Let $V\subset \mathbb C$ be open and connected and $\mathcal F\subset H(V)$. If $\mathcal F$ is a normal family, then $\mathcal F' = \{f': f\in\mathcal F\}$ is also a normal family.

### Problem 2

1. The converse to the result in Problem 1 is false.
2. Find a "small" hypothesis to make the converse true.

### Problem 3

Let $V\subset \mathbb C$ be open and connected and $\mathcal F\subset H(V)$ a normal family.

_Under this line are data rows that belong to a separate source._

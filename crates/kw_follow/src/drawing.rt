//! The events by which a scan gets its version and is over, each by its own step of the table.
//!
//! A scan loads the clock and stores that it waits with that; it draws a version and exchanges its
//! waiting word for one with the version; and at its end it stores that the seat makes no scan.
//! What the local does next says which step it is, as in `putting`.
ghost use Rattle.kw_follow.specs.Following.{Follows};
ghost use Rattle.kw_follow.specs.Moving.{FollowsAt, Moves, WentOn};
ghost use Rattle.kw_follow.specs.Within.{IsDrawing};

use kw_step_put::resume::{end_scan, to};
use kw_step_put::resume_scan::{clock, settle};
use kw_table::{
    Pass, Shared, clear_scan, draw as add_to_clock, load_clock, settle as exchange_waiting,
    store_waiting,
};
use kw_words::layout::Name;
use kw_words::scan::ScanWord;
use kw_world::activity::Activity;
use kw_world::activity::draw::Draw;
use kw_world::answer::Answer;
use kw_world::event::{Choice, StepDone};
use kw_world::local::Local;

// Loads the clock.
#[inline(always)]
fn load_scan_clock(shared: &Shared, pass: &mut Pass, local: &mut Local) -> StepDone
    requires { FollowsAt shared.now pass.old local.old (Activity.Draw Draw.Clock) }
    ensures { Moves shared.now pass.old local.old Choice.Go pass.new local.new result }
{
    let told = load_clock(shared, pass, Name::Clock);
    clock(local, told)
}

// Stores that the scan waits with that clock.
#[inline(always)]
fn wait_with_clock(shared: &Shared, pass: &mut Pass, local: &mut Local) -> StepDone
    requires { FollowsAt shared.now pass.old local.old (Activity.Draw Draw.Wait) }
    ensures { Moves shared.now pass.old local.old Choice.Go pass.new local.new result }
{
    let word = Name::Scan(pass.number());
    let waiting = ScanWord::Waiting(local.waiting).pack();
    store_waiting(shared, pass, word, waiting);
    to(local, Activity::Draw(Draw::Version))
}

// Draws a version.
#[inline(always)]
fn draw_version(shared: &Shared, pass: &mut Pass, local: &mut Local) -> StepDone
    requires { FollowsAt shared.now pass.old local.old (Activity.Draw Draw.Version) }
    ensures { Moves shared.now pass.old local.old Choice.Go pass.new local.new result }
{
    let told = add_to_clock(shared, pass, Name::Clock, 1);
    local.drawn = told;
    to(local, Activity::Draw(Draw::Settle))
}

// Exchanges the waiting word for one with the version.
#[inline(always)]
fn settle_version(shared: &Shared, pass: &mut Pass, local: &mut Local) -> StepDone
    requires { FollowsAt shared.now pass.old local.old (Activity.Draw Draw.Settle) }
    ensures { Moves shared.now pass.old local.old Choice.Go pass.new local.new result }
{
    let word = Name::Scan(pass.number());
    let waiting = ScanWord::Waiting(local.waiting).pack();
    let drawn = ScanWord::Drawn(local.drawn).pack();
    let told = exchange_waiting(shared, pass, word, waiting, drawn);
    settle(local, told)
}

// Stores that the seat makes no scan, at the end of one or where it is stopped.
#[inline(always)]
pub(crate) fn clear_version(
    shared: &Shared,
    pass: &mut Pass,
    local: &mut Local,
    answer: Answer,
    choice: Choice,
) -> StepDone
    requires { FollowsAt shared.now pass.old local.old (Activity.EndScan answer) }
    ensures { Moves shared.now pass.old local.old choice pass.new local.new result }
{
    let word = Name::Scan(pass.number());
    let quiet = ScanWord::Quiet.pack();
    clear_scan(shared, pass, choice, word, quiet);
    end_scan(local, answer, choice)
}

// The next event, by what the local does next.
#[inline(always)]
fn draw_event(shared: &Shared, pass: &mut Pass, local: &mut Local) -> StepDone
    requires follows { Follows shared.now pass.old local.old }
    requires drawing { IsDrawing local.old.activity }
    ensures { Moves shared.now pass.old local.old Choice.Go pass.new local.new result }
{
    match local.activity {
        Activity::Draw(Draw::Clock) => load_scan_clock(shared, pass, local),
        Activity::Draw(Draw::Wait) => wait_with_clock(shared, pass, local),
        Activity::Draw(Draw::Version) => draw_version(shared, pass, local),
        Activity::Draw(Draw::Settle) => settle_version(shared, pass, local),
        _ => unreachable!(),
    }
}

/// Makes the next event of a scan that gets its version. Takes no memory.
#[inline(always)]
pub fn go_draw(shared: &Shared, pass: &mut Pass, local: &mut Local)
    requires follows { Follows shared.now pass.old local.old }
    requires drawing { IsDrawing local.old.activity }
    ensures { WentOn shared.now pass.old local.old Choice.Go pass.new local.new }
{
    draw_event(shared, pass, local);
}
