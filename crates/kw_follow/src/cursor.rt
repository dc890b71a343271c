//! A cursor along the list of a row, and the events by which a reader, or a put that inserts its
//! cell, goes on.
//!
//! A reader makes two events for each cell that it goes by and four for each that it gathers. All
//! that changes between them is how far it has come and which cell it has at hand. So code that
//! goes along a list keeps these in a `Cursor`, which lies in registers, and leaves all else of the
//! reader's local where it was: `with_cursor` says which local the two stand for. Once it has come
//! to the end of the list or to a key above its range, it writes the cursor back, and goes on by
//! `go_to_left_over`.
//!
//! A put goes along the list in the same way, to where its own cell stands, by two events for each
//! cell that it goes by. It goes on from there by `see_insert_link` or `see_insert_key`.
ghost use Rattle.std.specs.Prelude.{◌≡◌, ◌<◌, unwrap_or};
ghost use Rattle.kw_words.specs.Plain.{value_of_word, version_of_word};
ghost use Rattle.kw_words.specs.declared.sizes.TheConstants.{CELLS};
ghost use Rattle.kw_core.specs.Stages.{IsAtInsertLink, IsAtReadLink};
ghost use Rattle.kw_table.specs.Passes.{Makes};
ghost use Rattle.kw_follow.specs.Cursors.{ReadsWord, cell_at, first_of, gathering_at, holding, past, reached, with_cursor};
ghost use Rattle.kw_follow.specs.Following.{Follows};

use kw_cells::cell::Cell;
use kw_step_put::operation::link_name;
use kw_table::{Pass, Shared, load_after, load_key, load_value, load_version};
use kw_words::layout::Name;
use kw_words::plain::{unpack_value, unpack_version};
use kw_world::activity::Activity;
use kw_world::activity::insert::Insert;
use kw_world::activity::read::Read;
use kw_world::event::Choice;
use kw_world::local::Local;

/// How far a reader or a put has come along the list of its row, and the cell that it has at hand.
#[derive(Clone, Copy, Debug, PartialEq, Eq)]
pub struct Cursor {
    /// The row of the reader or the put, whose list it is. A rebalance goes along the list of the
    /// row at hand, which its local has.
    pub row: u32,
    /// The cell after whose link the walk goes on; none at the row's first link.
    pub link: Option<u32>,
    /// The cell at hand, which is the one that was reached last.
    pub place: u32,
    /// How many cells were reached, and never more than there are cells.
    pub walked: u32,
    /// The key of the cell at hand, where a reader has it in the range of its call.
    pub key: u32,
    /// The version of the cell at hand, once a reader has loaded it.
    pub version: u64,
}

impl Cursor {
    /// The cursor of a reader that stands at the first link of this row's list, and has reached no
    /// cell.
    #[inline(always)]
    pub fn first(row: u32) -> Cursor
        ensures { result ≡ first_of row }
    {
        Cursor {
            row,
            link: None,
            place: 0,
            walked: 0,
            key: 0,
            version: 1,
        }
    }

    /// The cursor of a reader or a put with this local.
    #[inline(always)]
    pub fn of(local: &Local) -> Cursor
        ensures { with_cursor local.now.activity result local.now ≡ local.now }
    {
        Cursor {
            row: local.row,
            link: local.link,
            place: local.place,
            walked: local.walked,
            key: local.place_key,
            version: local.place_version,
        }
    }

    /// Writes the cursor back into the local of a reader or a put that is at this activity.
    #[inline(always)]
    pub fn write(self, local: &mut Local, activity: Activity)
        ensures { local.new ≡ with_cursor activity self local.old }
    {
        local.activity = activity;
        local.row = self.row;
        local.link = self.link;
        local.place = self.place;
        local.walked = self.walked;
        local.place_key = self.key;
        local.place_version = self.version;
    }

    /// The link led to this cell. The walk has reached fewer cells than there are.
    #[inline(always)]
    pub fn reach(self, cell: u32) -> Cursor
        requires { self.walked < CELLS }
        ensures { result ≡ reached cell self }
    {
        let mut next = self;
        next.place = cell;
        next.walked = self.walked + 1;
        next
    }

    /// The link led a put to this cell, and the put holds what the link held. The walk has reached
    /// fewer cells than there are.
    #[inline(always)]
    pub fn reach_holding(self, local: &mut Local, cell: u32) -> Cursor
        requires { self.walked < CELLS }
        ensures cursor { result ≡ reached cell self }
        ensures local { local.new ≡ holding cell local.old }
    {
        local.held = Some(cell);
        let mut next = self;
        next.place = cell;
        next.walked = self.walked + 1;
        next
    }

    /// The cell at hand has this key.
    #[inline(always)]
    pub fn with_key(self, key: u32) -> Cursor
        ensures { result ≡ record self { key = key } }
    {
        let mut next = self;
        next.key = key;
        next
    }

    /// The reader was told the version of the cell at hand. A cell without one counts as one of
    /// version 1; no list has such a cell.
    #[inline(always)]
    pub fn with_version(self, found: u64) -> Cursor
        ensures { result ≡ record self { version = unwrap_or (version_of_word found) 1 } }
    {
        let mut next = self;
        next.version = unpack_version(found).unwrap_or(1);
        next
    }

    /// The walk goes on to the link after the cell at hand.
    #[inline(always)]
    pub fn past(self) -> Cursor
        ensures { result ≡ past self }
    {
        let mut next = self;
        next.link = Some(self.place);
        next
    }

    /// The cell at hand, of which a reader has loaded the key and the version and was told this
    /// value.
    #[inline(always)]
    pub fn cell(self, found: u64) -> Cell
        ensures { result ≡ cell_at self (value_of_word found) }
    {
        Cell {
            key: self.key,
            place: self.place,
            version: self.version,
            value: unpack_value(found),
        }
    }

    /// The reader was told the value of the cell at hand, which is gathered. Takes no memory.
    #[inline(always)]
    pub fn gather(self, local: &mut Local, found: u64)
        ensures { local.new ≡ gathering_at self (value_of_word found) local.old }
    {
        local.gathered.gather(self.cell(found));
    }

    /// Loads the key of this cell, one of those with which the row was built, for a reader that is
    /// to begin its walk behind it. The answer is what the event was told. Takes no memory.
    #[inline(always)]
    pub fn load_guessed_key(self, shared: &Shared, pass: &mut Pass, cell: u32) -> u64
        requires cell { cell < shared.now.opening.rows }
        requires follows { (l : Local) × Follows shared.now pass.old (with_cursor (Activity.Read Read.Start) self l) × (cell < l.built) }
        ensures { Makes shared.now pass.old (Choice.Guess cell) result pass.new }
    {
        let key = Name::Key(self.row, cell);
        load_key(shared, pass, Choice::Guess(cell), key)
    }

    /// The walk begins behind this cell.
    #[inline(always)]
    pub fn behind(self, cell: u32) -> Cursor
        ensures { result ≡ record self { link = Some cell } }
    {
        let mut next = self;
        next.link = Some(cell);
        next
    }

    /// Loads the link at which the reader stands. The answer is what the event was told. Takes no
    /// memory.
    #[inline(always)]
    pub fn load_cell_link(self, shared: &Shared, pass: &mut Pass) -> u64
        requires { (a : Activity) × (l : Local) × IsAtReadLink a × Follows shared.now pass.old (with_cursor a self l) }
        ensures { (a : Activity) (l : Local) → IsAtReadLink a → Follows shared.now pass.old (with_cursor a self l) →
            ReadsWord shared.now pass.old (with_cursor a self l) result pass.new }
    {
        let link = link_name(self.row, self.link);
        load_after(shared, pass, link)
    }

    /// Loads the key of the cell at hand. The answer is what the event was told. Takes no memory.
    #[inline(always)]
    pub fn load_key(self, shared: &Shared, pass: &mut Pass) -> u64
        requires { (l : Local) × Follows shared.now pass.old (with_cursor (Activity.Read Read.Key) self l) }
        ensures { (l : Local) → Follows shared.now pass.old (with_cursor (Activity.Read Read.Key) self l) →
            ReadsWord shared.now pass.old (with_cursor (Activity.Read Read.Key) self l) result pass.new }
    {
        let key = Name::Key(self.row, self.place);
        load_key(shared, pass, Choice::Go, key)
    }

    /// Loads the version of the cell at hand. The answer is what the event was told. Takes no
    /// memory.
    #[inline(always)]
    pub fn load_version(self, shared: &Shared, pass: &mut Pass) -> u64
        requires { (l : Local) × Follows shared.now pass.old (with_cursor (Activity.Read Read.Version) self l) }
        ensures { (l : Local) → Follows shared.now pass.old (with_cursor (Activity.Read Read.Version) self l) →
            ReadsWord shared.now pass.old (with_cursor (Activity.Read Read.Version) self l) result pass.new }
    {
        let version = Name::Version(self.row, self.place);
        load_version(shared, pass, version)
    }

    /// Loads the value of the cell at hand. The answer is what the event was told. Takes no memory.
    #[inline(always)]
    pub fn load_value(self, shared: &Shared, pass: &mut Pass) -> u64
        requires { (l : Local) × Follows shared.now pass.old (with_cursor (Activity.Read Read.Value) self l) }
        ensures { (l : Local) → Follows shared.now pass.old (with_cursor (Activity.Read Read.Value) self l) →
            ReadsWord shared.now pass.old (with_cursor (Activity.Read Read.Value) self l) result pass.new }
    {
        let value = Name::Value(self.row, self.place);
        load_value(shared, pass, value)
    }

    /// Loads the key of this cell, one of those with which the row was built, for a put that is to
    /// begin its walk behind it. The answer is what the event was told. Takes no memory.
    #[inline(always)]
    pub fn load_guessed_insert_key(self, shared: &Shared, pass: &mut Pass, cell: u32) -> u64
        requires cell { cell < shared.now.opening.rows }
        requires follows { (l : Local) × Follows shared.now pass.old (with_cursor (Activity.Insert Insert.Start) self l) × (cell < l.built) }
        ensures { Makes shared.now pass.old (Choice.Guess cell) result pass.new }
    {
        let key = Name::Key(self.row, cell);
        load_key(shared, pass, Choice::Guess(cell), key)
    }

    /// Loads the link at which a put stands. The answer is what the event was told. Takes no
    /// memory.
    #[inline(always)]
    pub fn load_insert_link(self, shared: &Shared, pass: &mut Pass) -> u64
        requires { (a : Activity) × (l : Local) × IsAtInsertLink a × Follows shared.now pass.old (with_cursor a self l) }
        ensures { Makes shared.now pass.old Choice.Go result pass.new }
    {
        let link = link_name(self.row, self.link);
        load_after(shared, pass, link)
    }

    /// Loads the key of the cell that a put has at hand. The answer is what the event was told.
    /// Takes no memory.
    #[inline(always)]
    pub fn load_insert_key(self, shared: &Shared, pass: &mut Pass) -> u64
        requires { (l : Local) × Follows shared.now pass.old (with_cursor (Activity.Insert Insert.Key) self l) }
        ensures { Makes shared.now pass.old Choice.Go result pass.new }
    {
        let key = Name::Key(self.row, self.place);
        load_key(shared, pass, Choice::Go, key)
    }
}
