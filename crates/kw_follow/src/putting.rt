//! The events of a put at its row, each by its own step of the table.
//!
//! What the local does next says which step it is, and the core says what follows from the word
//! that was found: nothing else is asked. A put makes nine events for its cell, and then goes along
//! the row's list, with two or three events for each cell that it goes by. Code that goes by many
//! cells of lesser keys leaves the put's local as it is meanwhile and makes these events by a
//! `Cursor`, as `cursor` says; `see_insert_link` and `see_insert_key` say what follows from the
//! last of them.
ghost use Rattle.std.specs.Prelude.{◌≡◌, ◌≤◌, true};
ghost use Rattle.kw_words.specs.Plain.{cell_of_link_word, key_of_word};
ghost use Rattle.kw_words.specs.declared.sizes.TheConstants.{CELLS};
ghost use Rattle.kw_core.specs.Stages.{is_putting};
ghost use Rattle.kw_world.specs.ListTransitions.{insert_from, insert_key};
ghost use Rattle.kw_world.specs.Sizes.{product};
ghost use Rattle.kw_world.specs.Transition.{outcome};
ghost use Rattle.kw_follow.specs.Following.{Follows};
ghost use Rattle.kw_follow.specs.Moving.{FollowsAt, Moves, WentOn};

use kw_step_put::operation::link_name;
use kw_step_put::resume::{leave, to};
use kw_step_put::resume_insert::{insert, insert_from, insert_key, insert_version, start_insert};
use kw_step_put::resume_put::{add, announce, count, stamp};
use kw_table::{
    Pass, Shared, add_count, announce as exchange_idle, clear_pend, insert as exchange, load_after,
    load_clock, load_count, load_key, load_version, stamp as exchange_pending, store_after,
    store_key, store_value, store_version,
};
use kw_words::layout::Name;
use kw_words::pend::Pend;
use kw_words::plain::{pack_cell_link, pack_key, pack_value, pack_version};
use kw_world::activity::Activity;
use kw_world::activity::insert::Insert;
use kw_world::activity::put::Put;
use kw_world::answer::Answer;
use kw_world::calls::{first_key, put_value};
use kw_world::event::{Choice, StepDone};
use kw_world::local::Local;

// Loads the count of the row.
#[inline(always)]
fn load_given(shared: &Shared, pass: &mut Pass, local: &mut Local) -> StepDone
    requires { FollowsAt shared.now pass.old local.old (Activity.Put Put.Count) }
    ensures { Moves shared.now pass.old local.old Choice.Go pass.new local.new result }
{
    let count_word = Name::Count(local.row);
    let told = load_count(shared, pass, count_word);
    count(local, told)
}

// Adds one to the count, to get a cell.
#[inline(always)]
fn ask_for_cell(shared: &Shared, pass: &mut Pass, local: &mut Local) -> StepDone
    requires { FollowsAt shared.now pass.old local.old (Activity.Put Put.Add) }
    ensures { Moves shared.now pass.old local.old Choice.Go pass.new local.new result }
{
    let count_word = Name::Count(local.row);
    let told = add_count(shared, pass, count_word, 1);
    add(local, told)
}

// Stores the key in the cell.
#[inline(always)]
fn write_key(shared: &Shared, pass: &mut Pass, local: &mut Local) -> StepDone
    requires { FollowsAt shared.now pass.old local.old (Activity.Put Put.Key) }
    ensures { Moves shared.now pass.old local.old Choice.Go pass.new local.new result }
{
    let word = Name::Key(local.row, local.cell);
    let key = pack_key(first_key(local.call));
    store_key(shared, pass, word, key);
    to(local, Activity::Put(Put::Value))
}

// Stores the value in the cell.
#[inline(always)]
fn write_value(shared: &Shared, pass: &mut Pass, local: &mut Local) -> StepDone
    requires { FollowsAt shared.now pass.old local.old (Activity.Put Put.Value) }
    ensures { Moves shared.now pass.old local.old Choice.Go pass.new local.new result }
{
    let word = Name::Value(local.row, local.cell);
    let value = pack_value(put_value(local.call));
    store_value(shared, pass, word, value);
    to(local, Activity::Put(Put::Announce))
}

// Exchanges the idle entry for one with the cell.
#[inline(always)]
fn announce_cell(shared: &Shared, pass: &mut Pass, local: &mut Local) -> StepDone
    requires { FollowsAt shared.now pass.old local.old (Activity.Put Put.Announce) }
    ensures { Moves shared.now pass.old local.old Choice.Go pass.new local.new result }
{
    let entry = Name::Pend(local.row, pass.number());
    let idle = Pend::Idle.pack();
    let pending = Pend::Pending(local.cell).pack();
    let told = exchange_idle(shared, pass, entry, idle, pending);
    announce(local, told)
}

// Loads the clock.
#[inline(always)]
fn load_own_clock(shared: &Shared, pass: &mut Pass, local: &mut Local) -> StepDone
    requires { FollowsAt shared.now pass.old local.old (Activity.Put Put.Clock) }
    ensures { Moves shared.now pass.old local.old Choice.Go pass.new local.new result }
{
    let told = load_clock(shared, pass, Name::Clock);
    local.version = told;
    to(local, Activity::Put(Put::Stamp))
}

// Exchanges the pending entry for one with the version.
#[inline(always)]
fn stamp_cell(shared: &Shared, pass: &mut Pass, local: &mut Local) -> StepDone
    requires { FollowsAt shared.now pass.old local.old (Activity.Put Put.Stamp) }
    ensures { Moves shared.now pass.old local.old Choice.Go pass.new local.new result }
{
    let entry = Name::Pend(local.row, pass.number());
    let pending = Pend::Pending(local.cell).pack();
    let stamped = Pend::Stamped(local.cell, local.version).pack();
    let told = exchange_pending(shared, pass, entry, pending, stamped);
    stamp(local, told)
}

// Stores the version in the cell.
#[inline(always)]
fn write_version(shared: &Shared, pass: &mut Pass, local: &mut Local) -> StepDone
    requires { FollowsAt shared.now pass.old local.old (Activity.Put Put.Version) }
    ensures { Moves shared.now pass.old local.old Choice.Go pass.new local.new result }
{
    let word = Name::Version(local.row, local.cell);
    let version = pack_version(Some(local.version));
    store_version(shared, pass, word, version);
    start_insert(local)
}

// Stores that the entry is idle.
#[inline(always)]
fn clear_entry(shared: &Shared, pass: &mut Pass, local: &mut Local) -> StepDone
    requires { FollowsAt shared.now pass.old local.old (Activity.Put Put.Clear) }
    ensures { Moves shared.now pass.old local.old Choice.Go pass.new local.new result }
{
    let entry = Name::Pend(local.row, pass.number());
    let idle = Pend::Idle.pack();
    clear_pend(shared, pass, Choice::Go, entry, idle);
    leave(local, Answer::Done)
}

/// The put was told the link at which it stands. Takes no memory.
#[inline(always)]
pub fn see_insert_link(local: &mut Local, found: u64) -> StepDone
    requires { local.old.walked ≤ CELLS }
    ensures { outcome local.new result ≡ insert_from product (cell_of_link_word found) local.old }
{
    insert_from(local, found)
}

/// It was told the key of the cell that it reached. Takes no memory.
#[inline(always)]
pub fn see_insert_key(local: &mut Local, found: u64) -> StepDone
    ensures { outcome local.new result ≡ insert_key (key_of_word found) local.old }
{
    insert_key(local, found)
}

// Loads the row's first link, at which the put begins.
#[inline(always)]
fn load_first_link(shared: &Shared, pass: &mut Pass, local: &mut Local) -> StepDone
    requires { FollowsAt shared.now pass.old local.old (Activity.Insert Insert.Start) }
    ensures { Moves shared.now pass.old local.old Choice.Go pass.new local.new result }
{
    let link = link_name(local.row, local.link);
    let told = load_after(shared, pass, link);
    insert_from(local, told)
}

// Loads the link at which the put stands.
#[inline(always)]
fn load_cell_link(shared: &Shared, pass: &mut Pass, local: &mut Local) -> StepDone
    requires { FollowsAt shared.now pass.old local.old (Activity.Insert Insert.Link) }
    ensures { Moves shared.now pass.old local.old Choice.Go pass.new local.new result }
{
    let link = link_name(local.row, local.link);
    let told = load_after(shared, pass, link);
    insert_from(local, told)
}

// Loads the key of the cell that the put has reached.
#[inline(always)]
fn load_reached_key(shared: &Shared, pass: &mut Pass, local: &mut Local) -> StepDone
    requires { FollowsAt shared.now pass.old local.old (Activity.Insert Insert.Key) }
    ensures { Moves shared.now pass.old local.old Choice.Go pass.new local.new result }
{
    let key = Name::Key(local.row, local.place);
    let told = load_key(shared, pass, Choice::Go, key);
    insert_key(local, told)
}

// Loads the version of that cell.
#[inline(always)]
fn load_reached_version(shared: &Shared, pass: &mut Pass, local: &mut Local) -> StepDone
    requires { FollowsAt shared.now pass.old local.old (Activity.Insert Insert.Version) }
    ensures { Moves shared.now pass.old local.old Choice.Go pass.new local.new result }
{
    let version = Name::Version(local.row, local.place);
    let told = load_version(shared, pass, version);
    insert_version(local, told)
}

// Stores what the link held in the link after the own cell.
#[inline(always)]
fn store_link(shared: &Shared, pass: &mut Pass, local: &mut Local) -> StepDone
    requires { FollowsAt shared.now pass.old local.old (Activity.Insert Insert.Set) }
    ensures { Moves shared.now pass.old local.old Choice.Go pass.new local.new result }
{
    let after = Name::After(local.row, local.cell);
    let held = pack_cell_link(local.held);
    store_after(shared, pass, after, held);
    to(local, Activity::Insert(Insert::Exchange))
}

// Exchanges the link for one to the own cell.
#[inline(always)]
fn exchange_link(shared: &Shared, pass: &mut Pass, local: &mut Local) -> StepDone
    requires { FollowsAt shared.now pass.old local.old (Activity.Insert Insert.Exchange) }
    ensures { Moves shared.now pass.old local.old Choice.Go pass.new local.new result }
{
    let link = link_name(local.row, local.link);
    let held = pack_cell_link(local.held);
    let own = pack_cell_link(Some(local.cell));
    let told = exchange(shared, pass, link, held, own);
    insert(local, told)
}

// The next event, by what the local does next.
#[inline(always)]
fn put_event(shared: &Shared, pass: &mut Pass, local: &mut Local) -> StepDone
    requires follows { Follows shared.now pass.old local.old }
    requires putting { is_putting local.old.activity ≡ true }
    ensures { Moves shared.now pass.old local.old Choice.Go pass.new local.new result }
{
    match local.activity {
        Activity::Put(Put::Count) => load_given(shared, pass, local),
        Activity::Put(Put::Add) => ask_for_cell(shared, pass, local),
        Activity::Put(Put::Key) => write_key(shared, pass, local),
        Activity::Put(Put::Value) => write_value(shared, pass, local),
        Activity::Put(Put::Announce) => announce_cell(shared, pass, local),
        Activity::Put(Put::Clock) => load_own_clock(shared, pass, local),
        Activity::Put(Put::Stamp) => stamp_cell(shared, pass, local),
        Activity::Put(Put::Version) => write_version(shared, pass, local),
        Activity::Insert(Insert::Start) => load_first_link(shared, pass, local),
        Activity::Insert(Insert::Link) => load_cell_link(shared, pass, local),
        Activity::Insert(Insert::Key) => load_reached_key(shared, pass, local),
        Activity::Insert(Insert::Version) => load_reached_version(shared, pass, local),
        Activity::Insert(Insert::Set) => store_link(shared, pass, local),
        Activity::Insert(Insert::Exchange) => exchange_link(shared, pass, local),
        Activity::Put(Put::Clear) => clear_entry(shared, pass, local),
        _ => unreachable!(),
    }
}

/// Makes the next event of a put or a delete at its row. Takes no memory.
#[inline(always)]
pub fn go_put(shared: &Shared, pass: &mut Pass, local: &mut Local)
    requires follows { Follows shared.now pass.old local.old }
    requires putting { is_putting local.old.activity ≡ true }
    ensures { WentOn shared.now pass.old local.old Choice.Go pass.new local.new }
{
    put_event(shared, pass, local);
}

Let $f_n\in \mathcal F$ a sequence such that $f_n(z)\to f(z)$ for each $z\in S\subset V$, where $S$ has a limit point in $V$ and $f\in H(V)$. Then $f_n\to f$ in $H(V)$.

### Problem 4

Let $V\subset \mathbb C$ be open, $M>0$, and
$\displaystyle\mathcal F = \Big\{ f\in H(V): \iint_V |f(z)|^2 dxdy \le M \Big\}$.
Then $\mathcal F$ is a normal family.

### Problem 5

Let $V\subset \mathbb C$ be open and connected and $\{f_n\}\subset H(V)$ a normal family such that each $f_n$ is never zero in $V$. If there exists $z\in V$ such that $f_n(z)\to 0$, then $f_n\to 0$ in $H(V)$.